Этот человек обычно писал статьи на полтора столбца крупным шрифтом, подписывая их Junius, Veritas, Vox Populi
[8]или столь же высокопарно и нелепо, а затем, когда статья была уже набрана, приходил и заявлял, что передумал (чисто риторическая фигура, – он вообще никогда не думал), и требовал ее снять. «Старье» на это место не поставишь, так что мы вынимали набор, меняли подпись, приписывали статью своим конкурентам, газетчикам из ближайшего городка, и печатали ее. Вообще мы не гнушались «старьем». Если случалось празднество, цирковое представление или крестины, мы среди дня бросали работу, а потом, чтобы наверстать время, «перекраивали старые объявления» – заполняли ими страницу целиком и заново пускали в печать. Другой вид «старья» – глубокомысленные рассуждения, которые, как мы полагали, никто не читает; мы держали их наготове и время от времени помещали все те же старые заметки, пока это не становилось опасным. Точно так же на заре телеграфа мы заготовляли впрок новости. Отбирали и хранили на досках ничем не примечательные пустые сообщения, меняли в них дату и место действия – и печатали снова и снова, пока интерес к ним публики не иссякал до дна. На использованной информации мы делали пометки, но потом редко принимали их во внимание, так что практически между «использ.» и «свеж.» сообщениями разницы не было. Я видел «использ.» объявление о распродаже по суду, которое все еще преспокойно вызывало сенсацию, хотя и распродажа два года назад закончилась, и судья умер, и все происшествие стало достоянием истории. Большинство объявлений представляло собой рекламу всяких патентованных средств, – они-то нас прежде всего и выручали.Я так и вижу эту допотопную типографию в городке на Миссисипи – стены, увешанные афишами скачек, закапанную стеарином наборную кассу, прямо в гнезда которой по вечерам мы вставляли свечи; полотенце, истлевшее от долгого употребления, и другие приметы подобного рода заведений; так и вижу «мастера» – сезонника, который исчезал с наступлением лета, с его котомкой, где лежали рубаха и сверток афиш; не подвернись работа в типографии, он бы читал лекции о трезвенности.
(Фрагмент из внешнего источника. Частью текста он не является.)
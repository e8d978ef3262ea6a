ghost use Rattle.std.specs.Prelude.{◌≡◌};
ghost use Rattle.std.specs.List.{flat_map};
ghost use Rattle.plc_base.specs.Least.{least};
ghost use Rattle.block_layout.specs.Alone.{breaks_by, refusals_by, rule_by};
ghost use Rattle.block_layout.specs.Around.{refusals_in_block, refusals_in_blocks};

use crate::declarations::{has_upside_down, init_fits, is_unknown_type};
use crate::types::Types;
use plc_base::{Refusal, broken_if, least_of, lesser};
use stl_ast::{Block, Declaration, Part};

/// What a declaration can break by itself: its data type is unknown, its initial value doesn't fit,
/// or a bound of an array is upside down.
#[derive(Clone, Copy, Debug, PartialEq, Eq)]
pub(crate) enum DeclarationFault {
    UnknownType,
    UnfitValue,
    UpsideDown,
}

fn breaks_by(types: &Types, which: DeclarationFault, declaration: &Declaration) -> bool
    ensures { result ≡ breaks_by types.now which declaration.now }
{
    match which {
        DeclarationFault::UnknownType => is_unknown_type(types, &declaration.of.of),
        DeclarationFault::UnfitValue => !init_fits(declaration),
        DeclarationFault::UpsideDown => has_upside_down(declaration),
    }
}

fn rule_by(which: DeclarationFault) -> u16
    ensures { result ≡ rule_by which }
{
    match which {
        DeclarationFault::UnknownType => 23,
        DeclarationFault::UnfitValue => 41,
        DeclarationFault::UpsideDown => 42,
    }
}

fn refusals_by(types: &Types, which: DeclarationFault, declaration: &Declaration) -> Option<Refusal>
    ensures { result ≡ least (refusals_by types.now which declaration.now) }
{
    broken_if(
        breaks_by(types, which, declaration),
        declaration.line,
        rule_by(which),
    )
}

fn least_in_list(types: &Types, which: DeclarationFault, list: &[Declaration]) -> Option<Refusal>
    ensures { result ≡ least (flat_map (refusals_by types.now which) list.now) }
{
    least_of(list, |declaration: &Declaration| {
        refusals_by(types, which, declaration)
    })
}

fn least_in_parts(types: &Types, which: DeclarationFault, parts: &[Part]) -> Option<Refusal>
    ensures { result
        ≡ least (flat_map (λ p. flat_map (refusals_by types.now which) p.items) parts.now) }
{
    least_of(parts, |part: &Part| {
        least_in_list(types, which, part.items.as_slice())
    })
}

#[tactic(auto, using(crate::proofs::AloneLemmas::least_of_block))]
fn least_in_block(types: &Types, which: DeclarationFault, block: &Block) -> Option<Refusal>
    ensures { result
        ≡ least (refusals_in_block (λ o before d. refusals_by types.now which d) block.now) }
{
    lesser(
        least_in_parts(types, which, block.parts.as_slice()),
        least_in_list(types, which, block.components.as_slice()),
    )
}

/// The least refusal of declarations by what they break by themselves.
pub(crate) fn least_alone(
    types: &Types,
    which: DeclarationFault,
    blocks: &[Block],
) -> Option<Refusal>
    ensures { result
        ≡ least (refusals_in_blocks (λ o before d. refusals_by types.now which d) blocks.now) }
{
    least_of(blocks, |block: &Block| least_in_block(types, which, block))
}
Жизнь его была проста, потребности невелики; все, что ему надо было, – это кусок хлеба, постель и немного денег, чтобы напиться. Впрочем, как я уже сказал, быть может, теперь я здесь чужой, и мой гимн давно забытым временам неуместен – так что я «закругляюсь» и умолкаю».
Здесь нельзя не вспомнить золотые слова Марка Твена, которые стали эпиграфом ко всей этой книге:
«Тот, кого вы заставили смеяться, никогда вас не забудет».